Keine Angst vorm Sterben
Maria de Haas hat sich mit an den Tisch gesetzt. Die beiden haben jung geheiratet, sind in jeder Hinsicht ein festes Team. Anfangs wohnten sie in Containern mitten in der Halle, fuhren zum Duschen zu Rickys Eltern. Sie arbeitet als Maßschneiderin in der Kleiderkammer der Bundespolizei, kümmert sich aber auch um die Buchhaltung von Wannabe-Choppers. 2015 traf die beiden ein schwerer Schlag. Maria spürte eine Schwellung am Hals. Die Ärzte stellten fest, dass ihre Lymphdrüsen derart vergrößert waren, dass sie an einer zugedrückten Luftröhre hätte ersticken können.
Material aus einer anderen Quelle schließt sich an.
//! A text as its tokens.

ghost use Rattle.std.specs.Prelude.{◌≡◌, ◌≤◌, min, map, length, option_map, All, IfOk, IfErr};
ghost use Rattle.std.specs.Option.{option_copied};
ghost use Rattle.grammar.specs.Pieces.{run_of, strip};
ghost use Rattle.grammar.specs.Classes.{digit, wordy};
ghost use Rattle.st_ast.specs.Tokens as k;
ghost use Rattle.st_read.specs.Lexing as lexing;
ghost use Rattle.st_read.specs.Lexing.{Finds, Lexes, refusal_of};
ghost use Rattle.st_read.specs.Marks.{IsMark, after_blanks, tokens_of};
ghost use Rattle.st_read.specs.Refusals.{RefusalDue};

use crate::error::StErr;
use crate::found::{Fault, Found};
use crate::marks::Mark;
use crate::words::{kind_of_word, value_of};
use cif_base::Items;
use grammar::{after_pair, begins_word, is_blank, is_digit, split_number, split_word};
use st_ast::TokenKind;
use std::alloc::Global;

/// A sign and its kind.
type Sign = (&'static [u8], TokenKind);

// The signs by their first byte, so that one is compared with few others; the longer ones come first.

static COLON: [Sign; 2] = [(b":=", TokenKind::Assigns), (b":", TokenKind::Colon)];

static LESS: [Sign; 3] = [
    (b"<>", TokenKind::Differs),
    (b"<=", TokenKind::AtMost),
    (b"<", TokenKind::Less),
];

static GREATER: [Sign; 2] = [(b">=", TokenKind::AtLeast), (b">", TokenKind::Greater)];

static SEMICOLON: [Sign; 1] = [(b";", TokenKind::Semicolon)];

static OPEN: [Sign; 1] = [(b"(", TokenKind::Open)];

static CLOSE: [Sign; 1] = [(b")", TokenKind::Close)];

static COMMA: [Sign; 1] = [(b",", TokenKind::Comma)];

static PLUS: [Sign; 1] = [(b"+", TokenKind::Plus)];

static DASH: [Sign; 1] = [(b"-", TokenKind::Dash)];

static TIMES: [Sign; 1] = [(b"*", TokenKind::Times)];

static SLASH: [Sign; 1] = [(b"/", TokenKind::Slash)];

static EQUALS: [Sign; 1] = [(b"=", TokenKind::Equals)];

static AND: [Sign; 1] = [(b"&", TokenKind::And)];

/// All signs with their kinds, the longer ones first.
static SIGNS: [Sign; 18] = [
    (b":=", TokenKind::Assigns),
    (b"..", TokenKind::Dots),
    (b"<>", TokenKind::Differs),
    (b"<=", TokenKind::AtMost),
    (b">=", TokenKind::AtLeast),
    (b";", TokenKind::Semicolon),
    (b":", TokenKind::Colon),
    (b"(", TokenKind::Open),
    (b")", TokenKind::Close),
    (b",", TokenKind::Comma),
    (b"+", TokenKind::Plus),
    (b"-", TokenKind::Dash),
    (b"*", TokenKind::Times),
    (b"/", TokenKind::Slash),
    (b"=", TokenKind::Equals),
    (b"<", TokenKind::Less),
    (b">", TokenKind::Greater),
    (b"&", TokenKind::And),
];

/// The word at the front.
fn word(text: &[u8]) -> Found<'_>
    ensures { Finds (λ x. (x.0, x.1.now)) result (lexing.worded (run_of wordy text.now)) }
{
    let (word, rest) = split_word(text);
    Ok((Some(kind_of_word(word)), rest))
}

/// The digits at the front.
#[tactic(auto, unfolding(crate::specs::Lexing::value_in))]
fn number(text: &[u8]) -> Found<'_>
    ensures { Finds (λ x. (x.0, x.1.now)) result (lexing.numbered (run_of digit text.now)) }
{
    let (digits, rest) = split_number(text);
    match value_of(digits) {
        Some(_value) => Ok((Some(TokenKind::Literal), rest)),
        None => Err(Fault::NumberTooBig),
    }
}

/// What follows a sign in a text that begins with it.
fn stripped<'a>(sign: &[u8], text: &'a [u8]) -> Option<&'a [u8]>
    ensures { option_copied result ≡ strip sign.now text.now }
{
    let mut left = sign;
    let mut right = text;
    loop {
        match left {
            [] => return Some(right),
            [a, more @ ..] => match right {
                [] => return None,
                [b, others @ ..] => {
                    if *a != *b {
                        return None;
                    }
                    left = more;
                    right = others;
                }
            },
        }
    }
}

/// The signs among which that at the front of a text is: those with its first byte, or all.
fn signs_for(text: &[u8]) -> &'static [Sign]
    ensures { lexing.entry_in (map (λ s. (s.0.now, s.1)) result.now) text.now ≡ lexing.entry_in k.sign_kinds text.now }
{
    let [byte, _rest @ ..] = text else {
        return &SIGNS;
    };
    match *byte {
        b':' => &COLON,
        b'<' => &LESS,
        b'>' => &GREATER,
        b';' => &SEMICOLON,
        b'(' => &OPEN,
        b')' => &CLOSE,
        b',' => &COMMA,
        b'+' => &PLUS,
        b'-' => &DASH,
        b'*' => &TIMES,
        b'/' => &SLASH,
        b'=' => &EQUALS,
        b'&' => &AND,
        _ => &SIGNS,
    }
}

/// The first of the signs that stands at the front, with its kind, and what is left.
fn first_sign<'a>(text: &'a [u8], signs: &[Sign]) -> Option<(Sign, &'a [u8])>
    ensures { option_map (λ w. ((w.0.0.now, w.0.1), w.1.now)) result ≡ lexing.entry_in (map (λ s. (s.0.now, s.1)) signs.now) text.now }
{
    for (sign, kind) in signs {
        if let Some(rest) = stripped(*sign, text) {
            return Some(((*sign, *kind), rest));
        }
    }
    None
}

/// The sign at the front.
#[tactic(auto, using(crate::proofs::Signs::sign_found, crate::proofs::Signs::no_sign))]
fn sign(text: &[u8]) -> Found<'_>
    ensures { Finds (λ x. (x.0, x.1.now)) result (lexing.signed (lexing.sign_of text.now)) }
{
    let Some(((_sign, kind), rest)) = first_sign(text, signs_for(text)) else {
        return Err(Fault::BadByte);
    };
    Ok((Some(kind), rest))
}

/// A comment, of which the first two bytes are read.
fn comment(text: &[u8]) -> Found<'_>
    ensures { Finds (λ x. (x.0, x.1.now)) result (lexing.commented (lexing.after_close text.now)) }
{
    match after_pair(text, b'*', b')') {
        Some(rest) => Ok((None, rest)),
        None => Err(Fault::OpenComment),
    }
}

/// What stands at the front.
#[tactic(auto, unfolding(crate::specs::Lexing::front_of))]
fn front(text: &[u8]) -> Found<'_>
    ensures { Finds (λ x. (x.0, x.1.now)) result (lexing.front_of text.now) }
{
    match text {
        [] => Err(Fault::BadByte),
        [byte, rest @ ..] if is_blank(*byte) => Ok((None, rest)),
        [byte, ..] if begins_word(*byte) => word(text),
        [byte, ..] if is_digit(*byte) => number(text),
        [one, two, rest @ ..] if *one == b'(' && *two == b'*' => comment(rest),
        _ => sign(text),
    }
}

/// The error for what is found at a place.
fn refusal(fault: Fault, at: u32) -> StErr
    ensures { result ≡ refusal_of fault at }
{
    match fault {
        Fault::BadByte => StErr::StBadByte { at },
        Fault::NumberTooBig => StErr::StNumberTooBig { at },
        Fault::OpenComment => StErr::StOpenComment { at },
    }
}

/// What follows the blanks at the front of a text.
#[tactic(auto, unfolding(crate::specs::Marks::after_blanks))]
fn without_blanks(text: &[u8]) -> &[u8]
    ensures { result.now ≡ after_blanks text.now }
{
    let mut rest = text;
    loop {
        match rest {
            [byte, left @ ..] if is_blank(*byte) => rest = left,
            _ => return rest,
        }
    }
}

/// How long a mark says that a token is: `u16::MAX` for one of so many bytes or more.
fn marked_length(length: usize) -> u16
    ensures { result ≡ min length 65535 }
{
    if length < usize::from(u16::MAX) {
        length as u16
    } else {
        u16::MAX
    }
}

/// The places of the tokens of a text in which no number is too big, with their kinds.
#[tactic(auto, using(crate::proofs::Marked::marked_none, crate::proofs::Marked::marked_token, crate::proofs::Marked::marked_skip, crate::proofs::Marked::blanks_shorter, crate::proofs::Marked::later_shorter))]
pub fn token_marks(alloc: Global, text: &[u8]) -> Result<Items<Mark>, StErr>
    requires { length text.now ≤ 16777216 }
    ensures tokens { IfOk result (λ found. Lexes text.now (tokens_of text.now found)) }
    ensures marks { IfOk result (λ found. All (IsMark text.now) found) }
    ensures refused { IfErr result (RefusalDue text.now) }
{
    let mut marks = Items::new(alloc);
    let mut rest = without_blanks(text);
    while !rest.is_empty() {
        let at = (text.len() - rest.len()) as u32;
        let (token, left) = match front(rest) {
            Ok(found) => found,
            Err(fault) => return Err(refusal(fault, at)),
        };
        if let Some(kind) = token {
            let length = marked_length(rest.len().saturating_sub(left.len()));
            marks.push(Mark { at, length, kind })?;
        }
        rest = without_blanks(left);
    }
    Ok(marks)
}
Diagnose: Krebs. »Wir sind immer davon ausgegangen, dass ich zuerst sterben würde«, sagt Ricky. Er aber sei bei all den lebensgefährlichen Situationen stets bewahrt worden. »Gott hämmert es uns immer wieder in unseren Kopf, wie gut es ist, ihm zu vertrauen.« Nach einem Jahr galt Maria als geheilt, die Zeit danach war hart. Nicht nur der Krebs, sondern auch dessen Behandlung gingen an ihr nicht spurlos vorbei. Als ihre lockigen Haare ausfielen und sie die Chemotherapie verkraften musste, war es noch einfacher, ihre Schwäche einzugestehen, sagt sie. Sich in Selbstmitleid zu suhlen, bringe nichts, ist sie überzeugt. »Als ich Krebs hatte, dachte ich mir: Ich habe jetzt Krebs, aber ich kann mich trotzdem über meine Glatze freuen.«
Ricky schmunzelt. »Christus ist mein Leben, Sterben mein Gewinn«, ist auf seiner Wade tätowiert, seit er 18 ist – ein Bibelzitat. »Deswegen sollten wir das hier alles nicht zu ernst nehmen. Wenn ich glaube, dass ich im Himmel bei Gott sein werde, dann muss ich mich doch eigentlich freuen, wenn ich sterbe«, sagt Ricky so fröhlich wie überzeugt. »Dann komme ich eben ein bisschen früher nach Hause.«
Ricky de Haas
Enrico »Ricky« de Haas war zarte 15 Jahre alt, als er mit zwei Freunden »Wannabe-Choppers« gründete. Bald machten die beiden Schluss, er zahlte sie mit 30 Euro aus. Die Motorradmanufaktur wurde eine feste Größe unter Bikern. Blinkerhebel, Benzintanks und mehr produzierte der Hesse mit immer größerem Erfolg. Die »Custom Parts« mit dem charakteristischen Aufdruck »Soli Deo Gloria« fertigt er mit traditionellen Herstellungsmethoden. Laut, rau, wild – so manche Klischees über die Szene stimmen. Nicht bei allen macht Ricky mit. Das sorgt für Gegenwind.